What the task requires -
Among the entries below, find the lines with the word "named" and return them.
....................
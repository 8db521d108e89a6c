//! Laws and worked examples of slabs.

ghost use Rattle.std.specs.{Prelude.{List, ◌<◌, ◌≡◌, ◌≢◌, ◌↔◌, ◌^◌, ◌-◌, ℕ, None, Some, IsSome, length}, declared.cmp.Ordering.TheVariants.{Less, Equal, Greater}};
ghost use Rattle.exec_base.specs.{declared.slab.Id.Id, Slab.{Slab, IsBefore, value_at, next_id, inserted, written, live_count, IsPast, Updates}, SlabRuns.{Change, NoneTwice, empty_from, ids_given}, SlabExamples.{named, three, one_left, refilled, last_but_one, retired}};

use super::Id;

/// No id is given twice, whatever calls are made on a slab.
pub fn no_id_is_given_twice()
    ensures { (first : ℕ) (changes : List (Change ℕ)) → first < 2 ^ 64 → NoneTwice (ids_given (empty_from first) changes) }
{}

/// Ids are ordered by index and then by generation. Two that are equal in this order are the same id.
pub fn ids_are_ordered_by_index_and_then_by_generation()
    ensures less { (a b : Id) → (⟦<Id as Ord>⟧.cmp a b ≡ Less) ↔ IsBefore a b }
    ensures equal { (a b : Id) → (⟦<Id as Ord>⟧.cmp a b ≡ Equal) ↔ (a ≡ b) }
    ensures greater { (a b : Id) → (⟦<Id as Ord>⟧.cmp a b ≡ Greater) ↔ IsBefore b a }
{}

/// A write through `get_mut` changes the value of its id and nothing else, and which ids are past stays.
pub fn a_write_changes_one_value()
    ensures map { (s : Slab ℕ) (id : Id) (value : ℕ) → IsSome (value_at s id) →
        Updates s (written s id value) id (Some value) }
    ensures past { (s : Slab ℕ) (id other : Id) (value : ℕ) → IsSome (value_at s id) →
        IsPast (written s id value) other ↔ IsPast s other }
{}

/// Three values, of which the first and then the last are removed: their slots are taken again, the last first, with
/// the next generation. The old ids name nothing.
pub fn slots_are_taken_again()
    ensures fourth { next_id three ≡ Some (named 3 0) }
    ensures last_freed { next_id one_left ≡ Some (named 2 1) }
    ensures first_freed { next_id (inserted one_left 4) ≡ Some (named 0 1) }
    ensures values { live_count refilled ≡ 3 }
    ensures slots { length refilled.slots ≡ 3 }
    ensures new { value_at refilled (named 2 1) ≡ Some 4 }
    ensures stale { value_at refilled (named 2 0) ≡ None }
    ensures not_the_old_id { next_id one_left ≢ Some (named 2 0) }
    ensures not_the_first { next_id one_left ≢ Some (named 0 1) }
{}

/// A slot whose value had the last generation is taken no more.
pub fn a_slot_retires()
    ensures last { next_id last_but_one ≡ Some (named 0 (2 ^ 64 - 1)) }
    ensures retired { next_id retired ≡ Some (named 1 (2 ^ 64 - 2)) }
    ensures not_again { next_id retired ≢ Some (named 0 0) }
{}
....................
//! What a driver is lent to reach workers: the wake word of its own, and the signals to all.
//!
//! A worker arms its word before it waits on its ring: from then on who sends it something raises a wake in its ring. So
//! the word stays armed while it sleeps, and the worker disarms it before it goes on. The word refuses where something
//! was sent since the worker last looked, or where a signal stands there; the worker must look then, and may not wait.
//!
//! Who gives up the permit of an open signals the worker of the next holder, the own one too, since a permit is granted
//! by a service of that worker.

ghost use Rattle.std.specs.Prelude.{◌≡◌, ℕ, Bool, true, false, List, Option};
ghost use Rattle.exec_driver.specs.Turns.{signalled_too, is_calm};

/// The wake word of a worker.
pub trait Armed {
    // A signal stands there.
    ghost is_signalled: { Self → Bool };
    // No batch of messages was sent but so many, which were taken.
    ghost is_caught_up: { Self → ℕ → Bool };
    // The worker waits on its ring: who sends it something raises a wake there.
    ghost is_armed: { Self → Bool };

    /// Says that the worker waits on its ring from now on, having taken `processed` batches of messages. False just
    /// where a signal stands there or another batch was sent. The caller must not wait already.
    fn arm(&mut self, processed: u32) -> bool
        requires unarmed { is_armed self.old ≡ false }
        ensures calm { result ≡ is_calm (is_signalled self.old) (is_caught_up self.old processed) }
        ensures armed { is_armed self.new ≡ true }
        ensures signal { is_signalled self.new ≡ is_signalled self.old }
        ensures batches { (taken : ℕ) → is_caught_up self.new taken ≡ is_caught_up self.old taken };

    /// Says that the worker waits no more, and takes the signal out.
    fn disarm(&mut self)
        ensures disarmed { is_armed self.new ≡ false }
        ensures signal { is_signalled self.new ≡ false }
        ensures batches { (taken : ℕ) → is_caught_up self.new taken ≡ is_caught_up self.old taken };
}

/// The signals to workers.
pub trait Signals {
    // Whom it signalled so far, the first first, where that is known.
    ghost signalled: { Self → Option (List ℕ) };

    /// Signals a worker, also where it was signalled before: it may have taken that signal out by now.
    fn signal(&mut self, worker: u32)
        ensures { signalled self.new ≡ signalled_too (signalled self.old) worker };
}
....................
Result -
ghost use Rattle.exec_base.specs.{declared.slab.Id.Id, Slab.{Slab, IsBefore, value_at, next_id, inserted, written, live_count, IsPast, Updates}, SlabRuns.{Change, NoneTwice, empty_from, ids_given}, SlabExamples.{named, three, one_left, refilled, last_but_one, retired}};
    ensures fourth { next_id three ≡ Some (named 3 0) }
    ensures last_freed { next_id one_left ≡ Some (named 2 1) }
    ensures first_freed { next_id (inserted one_left 4) ≡ Some (named 0 1) }
    ensures new { value_at refilled (named 2 1) ≡ Some 4 }
    ensures stale { value_at refilled (named 2 0) ≡ None }
    ensures not_the_old_id { next_id one_left ≢ Some (named 2 0) }
    ensures not_the_first { next_id one_left ≢ Some (named 0 1) }
    ensures last { next_id last_but_one ≡ Some (named 0 (2 ^ 64 - 1)) }
    ensures retired { next_id retired ≡ Some (named 1 (2 ^ 64 - 2)) }
    ensures not_again { next_id retired ≢ Some (named 0 0) }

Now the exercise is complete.